## [Assignment]
Please restate word for word, and with nothing added, the lines that run from the one holding "result ≡ command_named" to the end of the entries below.

## [Exercise data]
ghost use Rattle.std.specs.Prelude.{◌≡◌};
ghost use Rattle.daxwire.specs.Commands.{command_named, command_of};

use program_io::Word;

/// What the program is asked to do.
#[derive(Clone, Copy, Debug, PartialEq, Eq)]
pub enum Command {
    /// To show a chain stream, one line for each frame.
    Show,
    /// To serve a chain stream, one output frame for each frame.
    Serve,
    /// To read a ring image, serve the chains that it offers, and print what came of them.
    Ring,
    /// To read a script and a transcript, and tell whether the transcript is legal for the script.
    Audit,
}

impl Command {
    /// The command that the words are; None where they are none.
    pub fn of(words: &[Word]) -> Option<Command>
        ensures { result ≡ command_of words.now }
    {
        match words {
            [word] => Command::named(word.as_slice()),
            _ => None,
        }
    }

    // The command of this name.
    #[tactic(auto, unfolding(crate::specs::Commands::command_named))]
    fn named(name: &[u8]) -> Option<Command>
        ensures { result ≡ command_named name.now }
    {
        if name == b"show".as_slice() {
            Some(Command::Show)
        } else if name == b"serve".as_slice() {
            Some(Command::Serve)
        } else if name == b"ring".as_slice() {
            Some(Command::Ring)
        } else if name == b"audit".as_slice() {
            Some(Command::Audit)
        } else {
            None
        }
    }
}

## [Solution for this exercise]
        ensures { result ≡ command_named name.now }
    {
        if name == b"show".as_slice() {
            Some(Command::Show)
        } else if name == b"serve".as_slice() {
            Some(Command::Serve)
        } else if name == b"ring".as_slice() {
            Some(Command::Ring)
        } else if name == b"audit".as_slice() {
            Some(Command::Audit)
        } else {
            None
        }
    }
}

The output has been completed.